Tim Wilson

No. 45, 89
- Position: Running back

Personal information
- Born: January 14, 1954 New Castle, Delaware, U.S.
- Died: November 23, 1996 (aged 42)
- Listed height: 6 ft 3 in (1.91 m)
- Listed weight: 226 lb (103 kg)

Career information
- College: Maryland
- NFL draft: 1977 (3rd round, 66th overall pick)

Career history
- Houston Oilers (1977–1982); Los Angeles Raiders (1983*); New Orleans Saints (1983–1984);
- * Offseason or practice squad member only

Career NFL statistics
- Rushing attempts: 398
- Rushing yards: 1,414
- Total TDs: 9
- Stats at Pro Football Reference

= Tim Wilson (American football) =

American football player (1954–1996)

Tim Wilson (January 14, 1954 – November 23, 1996) was an American professional football player who was a running back in the National Football League (NFL) for the Houston Oilers and New Orleans Saints. He was a lead blocker for Hall of Fame running back Earl Campbell.

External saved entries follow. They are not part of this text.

// The node that a line describes, from the points of its tile.
fn node_of_points(
    alloc: Global,
    rules: &Rules,
    line: &NodeLine,
    points: &[Point],
) -> Result<Grid, SaveError>
    requires low { line.now.key.depth ≤ rules.now.cube.depth }
    requires ascend { IsAscending points.now }
    ensures node { IfOk result (IsNodeOf line.now.key rules.now line.now.mask points.now) }
    ensures points { OnOk result (AreOfLine rules.now line.now points.now) }
    ensures refused { result ≡ Err (SaveError.TileDamaged line.now.key) → (length points.now ≢ line.now.count)
        ⊎ ((fault : GridError) × IsTileFault line.now.key rules.now line.now.mask points.now fault) }
    ensures only { IfErr result (λ e. (e ≡ SaveError.TileDamaged line.now.key) ⊎ (e ≡ SaveError.Memory)) }
{
    if points.len() as u64 != line.count {
        return Err(SaveError::TileDamaged { key: line.key });
    }
    match Grid::from_tile(Lists::new(alloc), line.key, rules, line.mask, points) {
        Ok(node) => Ok(node),
        Err(GridError::Memory) => Err(SaveError::Memory),
        Err(_) => Err(SaveError::TileDamaged { key: line.key }),
    }
}
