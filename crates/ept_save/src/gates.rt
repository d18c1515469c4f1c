//! Gates: files that are open if they hold exactly the one byte 1.

ghost use Rattle.std.specs.Prelude.{◌≡◌, ◌↔◌, Some, IfOk, IfErr, OnOk, IsTrue};
ghost use Rattle.ept_base.specs.Causes.{HasCauseOf};
ghost use Rattle.ept_base.specs.Devices.{counts_on};
ghost use Rattle.ept_base.specs.Files.{Files, SameFiles, SameBut, Tells, StepsBy};
ghost use Rattle.ept_base.specs.Moves.{Elapses, Moves, SameImages, IsSettled};
ghost use Rattle.ept_save.specs.Gates.{IsOpen, Closes};
ghost use Rattle.ept_save.specs.Errors.{IsStores};

use crate::error::SaveError;
use ept_base::Store;
use std::alloc::Global;

/// Whether the gate of this name is open. One file is read, and nothing is put.
pub fn is_open<T: Store>(alloc: Global, store: &mut T, name: &str) -> Result<bool, SaveError>
    ensures found { IfOk result (λ found. Tells (λ all. IsTrue found ↔ IsOpen all name.now) (T.files store.old)) }
    ensures reads { StepsBy SameFiles (T.files store.old) (T.files store.new) }
    ensures images { SameImages (T.may_leave store.old) (T.may_leave store.new) }
    ensures time { Elapses (T.moment store.old) (T.moment store.new) (T.image_since store.old) (T.image_since store.new) (T.may_leave store.new) }
    ensures counted { T.gets store.new ≡ counts_on (T.gets store.old) 1 }
    ensures only { IfErr result IsStores }
    ensures cause { HasCauseOf SaveError.StoreFault (T.faults store.old) (T.faults store.new) result }
{
    let mut bytes = Vec::new(alloc);
    let is_there = store.get(name, &mut bytes)?;
    Ok(is_there && matches!(bytes.as_slice(), [1]))
}

/// Closes a gate: puts the byte 0 if it is open, and nothing if it is not. Then it flushes what is read.
pub fn close_gate<T: Store>(alloc: Global, store: &mut T, name: &str) -> Result<(), SaveError>
    ensures any_moment { Moves T.files T.may_leave T.moment T.image_since (SameBut name.now) store.old store.new }
    ensures stood_shut { (all : Files) → T.files store.old ≡ Some all → ¬ IsOpen all name.now
        → Moves T.files T.may_leave T.moment T.image_since SameFiles store.old store.new }
    ensures puts { OnOk result (StepsBy (Closes name.now) (T.files store.old) (T.files store.new)) }
    ensures shut { OnOk result (Tells (λ all. ¬ IsOpen all name.now) (T.files store.new)) }
    ensures settled { OnOk result (IsSettled (T.files store.new) (T.may_leave store.new)) }
    ensures only { IfErr result IsStores }
    ensures cause { HasCauseOf SaveError.StoreFault (T.faults store.old) (T.faults store.new) result }
{
    if is_open(alloc, store, name)? {
        store.put(name, &[0])?;
    }
    store.sync()?;
    Ok(())
}
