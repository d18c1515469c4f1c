//! The names of the work files.

ghost use Rattle.std.specs.Prelude.{◌≡◌, IfOk, string_bytes};
ghost use Rattle.ept_save.specs.Names.{other, gate_name, body_name, work_tile_name};

use ept_ckpt::Letter;
use ept_space::Key;
use std::alloc::{AllocError, Global};

/// The gate that is open where the output is whole.
pub(crate) const DONE: &str = "ept-work/done-2";

/// The other one of the two letters.
pub(crate) fn other(letter: Letter) -> Letter
    ensures { result ≡ other letter }
{
    match letter {
        Letter::A => Letter::B,
        Letter::B => Letter::A,
    }
}

/// The gate of a letter.
pub(crate) fn gate_name(letter: Letter) -> &'static str
    ensures { result.now ≡ gate_name letter }
{
    match letter {
        Letter::A => "ept-work/gate-a",
        Letter::B => "ept-work/gate-b",
    }
}

/// The body of a letter.
pub(crate) fn body_name(letter: Letter) -> &'static str
    ensures { result.now ≡ body_name letter }
{
    match letter {
        Letter::A => "ept-work/body-a",
        Letter::B => "ept-work/body-b",
    }
}

/// The tile of a letter and a key.
pub(crate) fn work_tile_name(alloc: Global, letter: Letter, key: &Key) -> Result<String, AllocError>
    ensures { IfOk result (λ name. string_bytes name ≡ work_tile_name letter key.now) }
{
    match letter {
        Letter::A => format!(in alloc;
            "ept-work/a/{}-{}-{}-{}.bin",
            key.depth, key.x, key.y, key.z
        ),
        Letter::B => format!(in alloc;
            "ept-work/b/{}-{}-{}-{}.bin",
            key.depth, key.x, key.y, key.z
        ),
    }
}
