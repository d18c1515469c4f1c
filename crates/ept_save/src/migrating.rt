//! Taking over a checkpoint of the old layout.

ghost use Rattle.std.specs.Prelude.{◌≡◌, ◌⊎◌, true, map, Some, Err, IfErr, OnOk, OnErr};
ghost use Rattle.ept_base.specs.Causes.{HasCauseOf};
ghost use Rattle.ept_base.specs.Files.{Files, Tells};
ghost use Rattle.ept_base.specs.Moves.{Moves, IsSettled};
ghost use Rattle.ept_space.specs.VoxelKey.{VoxelKey};
ghost use Rattle.ept_point.specs.declared.layout.Layout.TheVariants.{Old};
ghost use Rattle.ept_ckpt.specs.declared.letter.Letter as letters;
ghost use Rattle.ept_ckpt.specs.declared.checkpoint.Checkpoint as c;
ghost use Rattle.ept_save.specs.Names.{other};
ghost use Rattle.ept_save.specs.Current.{Keeps, Commits};
ghost use Rattle.ept_save.specs.Errors.{IsStores};
ghost use Rattle.ept_save.specs.Loading.{HasLine, IsDamaged, HasNoDamage};
ghost use Rattle.ept_save.specs.Migrating.{turned, IsTurnOf, ArePutAgain, Migrates, HasMigrated};
ghost use Rattle.ept_save.specs.Opening.{lines_of};
ghost use Rattle.ept_save.specs.Tiles.{IsOfLayout};
ghost use Rattle.ept_save.specs.View.{StandsFor};

use crate::committing::commit_checkpoint;
use crate::error::SaveError;
use crate::loading::load_tile;
use crate::saved::Saved;
use crate::saving::{begin, save_points};
use ept_base::Store;
use std::alloc::Global;

/// Takes over the current checkpoint, whose tiles are of the old layout. It puts each of them again in the new one, under
/// the version that the checkpoint does not name. Then it commits a checkpoint of the same points that names these.
///
/// # Errors
///
/// Those of [`load_tile`] for a node of the checkpoint, and of [`commit`](crate::commit). What is known of the checkpoints
/// is then of no use: open the store again.
pub fn migrate<T: Store>(alloc: Global, store: &mut T, saved: &mut Saved) -> Result<(), SaveError>
    requires old { IsOfLayout Old saved.old.current }
    requires fresh { saved.old.lines ≡ lines_of saved.old.current }
    ensures migrated { OnOk result (HasMigrated saved.old saved.new) }
    ensures refused { OnErr result (saved.new.current ≡ saved.old.current) }

    // Whatever the moment, the current checkpoint is kept with its tiles, or the next one is the current one with its own.
    ensures migrates { (letter : letters.Letter) (c next : c.Checkpoint) → saved.old.current ≡ Some (letter, c) → IsTurnOf c next
        → (stands : StandsFor saved.old (T.files store.old) (T.may_leave store.old))
        → Moves T.files T.may_leave T.moment T.image_since (Migrates letter c next stands.all) store.old store.new }
    ensures stands { OnOk result (StandsFor saved.old (T.files store.old) (T.may_leave store.old)
        → StandsFor saved.new (T.files store.new) (T.may_leave store.new)) }
    ensures settled { OnOk result (IsSettled (T.files store.new) (T.may_leave store.new)) }

    // A tile is reported as damaged only if it is, and on success no tile was.
    ensures only { IfErr result (λ e. ((key : VoxelKey) × (e ≡ SaveError.TileDamaged key)) ⊎ IsStores e) }
    ensures damaged { (key : VoxelKey) → result ≡ Err (SaveError.TileDamaged key) → HasLine saved.old.current key
        × Tells (IsDamaged saved.old.current key) (T.files store.old) }
    ensures intact { OnOk result (Tells (HasNoDamage saved.old.current) (T.files store.old)) }
    ensures undamaged { (all : Files) → T.files store.old ≡ Some all → HasNoDamage saved.old.current all
        → IfErr result IsStores }
    ensures cause { HasCauseOf SaveError.StoreFault (T.faults store.old) (T.faults store.new) result }
{
    begin(alloc, store, saved)?;
    put_again(alloc, store, saved)?;
    commit_again(alloc, store, saved)
}

// Puts the tile of each line again, in the new layout, under the version that the current checkpoint does not name.
fn put_again<T: Store>(alloc: Global, store: &mut T, saved: &mut Saved) -> Result<(), SaveError>
    requires old { IsOfLayout Old saved.old.current }
    requires fresh { saved.old.lines ≡ lines_of saved.old.current }
    ensures lines { OnOk result (saved.new ≡ record saved.old { lines = map turned (lines_of saved.old.current) }) }
    ensures current { saved.new.current ≡ saved.old.current }
    ensures again { OnOk result ((all : Files) → T.files store.old ≡ Some all
        → Tells (λ now. ArePutAgain all now (lines_of saved.old.current)) (T.files store.new)) }
    ensures keeps { Moves T.files T.may_leave T.moment T.image_since (Keeps saved.old.current) store.old store.new }
    ensures stands { StandsFor saved.old (T.files store.old) (T.may_leave store.old)
        → StandsFor saved.new (T.files store.new) (T.may_leave store.new) }
    ensures only { IfErr result (λ e. ((key : VoxelKey) × (e ≡ SaveError.TileDamaged key)) ⊎ IsStores e) }
    ensures damaged { (key : VoxelKey) → result ≡ Err (SaveError.TileDamaged key) → HasLine saved.old.current key
        × Tells (IsDamaged saved.old.current key) (T.files store.old) }
    ensures intact { OnOk result (Tells (HasNoDamage saved.old.current) (T.files store.old)) }
    ensures cause { HasCauseOf SaveError.StoreFault (T.faults store.old) (T.faults store.new) result }
{
    let lines = saved.nodes(alloc)?;
    let mut points = Vec::new(alloc);
    for line in &lines {
        points.clear();
        load_tile(alloc, store, saved, line.key, &mut points)?;
        save_points(alloc, store, saved, line.key, line.mask, &points)?;
    }
    Ok(())
}

// Commits the checkpoint of the same points, whose nodes are the turned lines.
fn commit_again<T: Store>(alloc: Global, store: &mut T, saved: &mut Saved) -> Result<(), SaveError>
    requires begun { saved.old.begun ≡ true }
    requires old { IsOfLayout Old saved.old.current }
    requires turned { saved.old.lines ≡ map turned (lines_of saved.old.current) }
    ensures migrated { OnOk result (HasMigrated saved.old saved.new) }
    ensures unchanged { OnErr result (saved.new ≡ saved.old) }
    ensures commits { (letter : letters.Letter) (c next : c.Checkpoint) → saved.old.current ≡ Some (letter, c) → IsTurnOf c next
        → (stands : StandsFor saved.old (T.files store.old) (T.may_leave store.old))
        → Moves T.files T.may_leave T.moment T.image_since (Commits (Some (letter, c)) (other letter) next stands.all)
        store.old store.new }
    ensures stands { OnOk result (StandsFor saved.old (T.files store.old) (T.may_leave store.old)
        → StandsFor saved.new (T.files store.new) (T.may_leave store.new)) }
    ensures settled { OnOk result (IsSettled (T.files store.new) (T.may_leave store.new)) }
    ensures only { IfErr result IsStores }
    ensures cause { HasCauseOf SaveError.StoreFault (T.faults store.old) (T.faults store.new) result }
{
    let checkpoint = saved.next_turned(alloc)?;
    commit_checkpoint(alloc, store, saved, checkpoint)
}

He played college football at the University of Maryland.

In 1991, Wilson was inducted into the Delaware Sports Museum and Hall of Fame.

==Personal life==
Wilson's son, Josh, also played for Maryland and was selected 66th overall by the Seattle Seahawks in the second round of the 2007 NFL draft.

Wilson died of a heart attack on November 23, 1996.